With more than 12,000 nominal species and almost 80,000 predicted species [1], the Diplopoda are a diverse group of arthropods. They are widely distributed [2]. Diplopoda are often colloquially called millipedes, but the majority possess only a few hundred pairs of legs or fewer [1]. As soil-based animals, millipedes are highly important components of terrestrial ecosystems [3], playing ecological roles in developed humus [3,4,5] and contributing to the decomposition of plant litter by breaking down fallen leaves and maintaining soil fertility [6]. Millipedes are usually used as bioindicators for soil quality. Due to their small size, as well as the diversity and abundance of arthropod groups, as bioindicators, they may more accurately reflect trends in species richness and community composition compared to vertebrates [1,2]. Therefore, many studies of the ecological functions of millipedes have been conducted [7,8,9]. Despite millipedes’ ubiquity, little research has been conducted regarding their evolutionary relationships. The classical taxonomy of millipedes is based on morphology and has defects; meanwhile, there is limited research on the population-level genetics of millipedes, leading to problems in the classification of this group [10,11]. Our understanding of millipedes’ higher-level relationships, ecology, behavior, physiology, and genomic composition is also limited.

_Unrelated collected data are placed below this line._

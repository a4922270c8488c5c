// The constraints of a program of one operation, which reads a table of two columns.

ghost use Rattle.std.specs.Prelude.{◌≡◌};
ghost use Rattle.hp_air.specs.Frames.{node_slot};

use hp_air::air::Air;
use hp_air::constraint::{Constraint, Relation};
use hp_air::node::Node;
use hp_air::slot::Slot;
use hp_air::what::{Op, What};
use hp_constrain::constraints::constraints;
use hp_word::place::{NoMemory, NodeId, Place};
use hp_word::sequence::Sequence;
use sqlite_items::Items;
use std::alloc::Global;
use std::test::*;

/// A column of the expression 0.
fn column(column: u32) -> Slot
    ensures { result ≡ node_slot 0 column }
{
    Slot {
        node: Some(NodeId(0)),
        var: None,
        column,
        matrix: false,
        balanced: false,
    }
}

/// A program that reads the first table.
fn reading(alloc: Global) -> Result<Air, NoMemory> {
    let what = What::Read {
        outs: Sequence::from_vec(vec![in alloc; 0, 1]?),
        table: 0,
    };
    let op = Op {
        at: Place { line: 1, col: 1 },
        what,
    };
    Ok(Air {
        slots: Sequence::from_vec(vec![in alloc; column(0), column(1)]?),
        words: 0,
        body: Items::from_vec(vec![in alloc; Node::Do(op)]?),
    })
}

/// Whether the columns are equal as those of a frame, and then as those of a table.
fn are_equal_twice(list: &[Constraint]) -> bool {
    let first = Constraint {
        low: 0,
        relation: Relation::Same,
        high: 1,
    };
    let second = Constraint {
        low: 1,
        relation: Relation::Same,
        high: 0,
    };
    list == [second, first, first, second].as_slice()
}

#[test]
fn columns_of_a_table(rt: HostRuntime) -> Result<(), Fail> {
    let alloc = rt.alloc();
    let air = reading(alloc)?;
    let list = constraints(alloc, &air)?;
    assert!(rt; are_equal_twice(list.as_slice()));
    Ok(())
}
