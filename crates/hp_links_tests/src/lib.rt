//! Tests of the lists that are linked by index: the calls of a board and of mailboxes, each at least once.
#![tactic(auto)]

#[cfg(test)]
mod lists;
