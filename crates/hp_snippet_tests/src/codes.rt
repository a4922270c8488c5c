// Codes in parts, and what they write.

ghost use Rattle.std.specs.Prelude.{◌≡◌, ◌≤◌, ◌++◌, OnOk};

use hp_spmd::code::Code;
use hp_spmd::instr::Instr;
use hp_spmd::lockstep::{LockStatus, lockstep};
use hp_word::place::NoMemory;
use hp_word::sequence::Sequence;
use hp_word::table::Tables;
use std::alloc::Global;

/// Puts instructions behind others.
pub fn add(list: &mut Sequence<Instr>, more: Sequence<Instr>) -> Result<(), NoMemory>
    ensures { OnOk result (list.new ≡ list.old ++ more) }
{
    for instr in more.into_vec() {
        list.push(instr)?;
    }
    Ok(())
}

/// Whether a code without tables comes to this end on so many ranks, and writes this.
fn ends_on(
    alloc: Global,
    code: &Code,
    ranks: u32,
    status: LockStatus,
    out: &[u8],
) -> Result<bool, NoMemory>
    requires some { 1 ≤ ranks }
    requires few { ranks ≤ 32 }
{
    let tables = Tables {
        list: Sequence::new(alloc),
    };
    let end = lockstep(alloc, code, &tables, ranks, 1000)?;
    Ok(end.status == status && end.out.as_slice() == out)
}

/// Whether it does on each of 1 to 6 ranks.
pub fn ends(alloc: Global, code: &Code, status: LockStatus, out: &[u8]) -> Result<bool, NoMemory> {
    for ranks in 1..7 {
        if !ends_on(alloc, code, ranks, status, out)? {
            return Ok(false);
        }
    }
    Ok(true)
}
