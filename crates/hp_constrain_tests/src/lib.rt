//! A test of the constraints of a program: it answers where there is memory, with the list that is worked out by hand.
#![tactic(auto)]

#[cfg(test)]
mod rows;
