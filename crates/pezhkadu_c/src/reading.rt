// Reading results: how a virtual register stands, and the printed sheet line by line.
ghost use Rattle.std.specs.Prelude.{◌≡◌};
ghost use Rattle.lines.specs.LineTexts.{lent};
ghost use Rattle.results.specs.Reading.{standing_answer, LineCalled};

use crate::number;
use lines::LentSheet;
use table_words::buffers::Table;
use words::header::LentWords;

// How the virtual register v stands: 0 it waits, 1 it is left over, 256 + r it holds the register r. Refused with 15 where a slice is short, with 8
// where there is no such number.
#[tactic(auto, unfolding(results::specs::Reading::standing_answer))]
#[unsafe(no_mangle)]
pub extern "C" fn pezhkadu_standing(header: &[u64], records: &[u64], v: u64) -> u64
    ensures { result ≡ standing_answer header.now records.now v }
{
    match pezhkadu::reading::pezhkadu_standing(LentWords { header, records }, v) {
        Ok(n) => n,
        Err(r) => r.number(),
    }
}

// Stores the line of the sheet at this position from the front of `line`, and its length and the position after it in `next`; past the last line the
// length is 0 and the position 2^64 - 1. Positions start at 0. `answer` is what the run answered, its word's number and its dequeues. The answer is
// 0, or 15 where a slice is short, and then nothing is changed.
#[unsafe(no_mangle)]
pub extern "C" fn pezhkadu_sheet_line(
    header: &[u64],
    records: &[u64],
    answer: &[u64],
    position: u64,
    maps: &[u64],
    ends: &[u64],
    rests: &[u64],
    line: &mut [u8],
    next: &mut [u64],
) -> u64
    ensures { LineCalled header.now records.now answer.now position (lent maps.now ends.now rests.now) line.old next.old line.new next.new result }
{
    let words = LentWords { header, records };
    let table = Table { ends, rests };
    let sheet = LentSheet { maps, table };
    number(pezhkadu::reading::pezhkadu_sheet_line(words, answer, position, sheet, line, next))
}
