// The stage as a static library for firmware: what C and Rust call by these names. Each function calls the one of its name in the crate pezhkadu, and
// promises the same; a refusal is answered by its number, since C reads numbers. The parameters are flat, as the C interface passes numbers and
// slices only.
#![tactic(auto)]

ghost use Rattle.std.specs.Prelude.{◌≡◌};
ghost use Rattle.reg_matrix.specs.Refused.{number_in};

use reg_matrix::Refusal;

pub mod direct;
pub mod loading;
pub mod reading;
pub mod running;

// The number of an answer: 0, or that of the refusal.
fn number(answer: Result<(), Refusal>) -> u64
    ensures { result ≡ number_in answer }
{
    match answer {
        Ok(()) => 0,
        Err(r) => r.number(),
    }
}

The mitochondria are the basic organelle of eukaryotic cells, and they present independent and conserved genetic characteristic [12]. A typical animal mitochondria genome (mitogenome) is a circular structure with a length of 13–17 kbp. Mitogenomes usually comprise 37 coding genes, including 13 protein-coding genes (PCGs), 22 transfer RNA genes (tRNAs), 2 ribosomal RNA genes (rRNAs), and a D-loop region [13]. In arthropods, the mitogenome is more structurally diverse, and there are atypical mitogenomes. For example, the mitogenomes of certain species in the order Coleoptera are significantly larger than those of other studied arthropods [14]. Additionally, the mitogenomes of some species in the order Anoplura have been observed to split into minicircular chromosomes [15]. In recent years, mitogenomes have been widely used in studies of molecular systematics [16,17], population genetics [18,19], and molecular evolution [20,21]. In comparison with individual mitochondrial genes, which are susceptible to loss [22,23], mitogenomes provide greater accuracy when inferring phylogenetic relationships [24]. For example, there is evidence indicating that the mitochondrial cox1 gene is not suitable for making inferences about the phylogeny of many metazoans due to its low levels of polymorphism [25]. Among the characteristics of mitogenomes, gene rearrangements also provide insights into phylogenetic relationships [26]. The comparison of these gene arrangements has significant potential to help resolve some of the most fundamental branches of multicellular animal phylogeny [27]. Only recently have molecular phylogenetic techniques been used to reconstruct millipedes’ phylogenetic relationships. Myriapoda species are model organisms for studying the relationship between gene rearrangements and phylogenetic analysis due to their high rates of rearrangement [28]. Despite this potential, research on millipede mitogenomes remained limited [29,30]. At the time this paper was written, limited millipede mitogenomes have been uploaded to the NCBI website. However, some of these sequences may have annotation issues. To conduct a comprehensive and systematic phylogenetic analysis of the class Diplopoda, a large number of complete mitogenomes of its subordinate species are needed [31,32]. The lack of mitogenome data has led to insufficient research being conducted on the evolutionary significance of Diplopoda gene rearrangements and their phylogenetic relationships.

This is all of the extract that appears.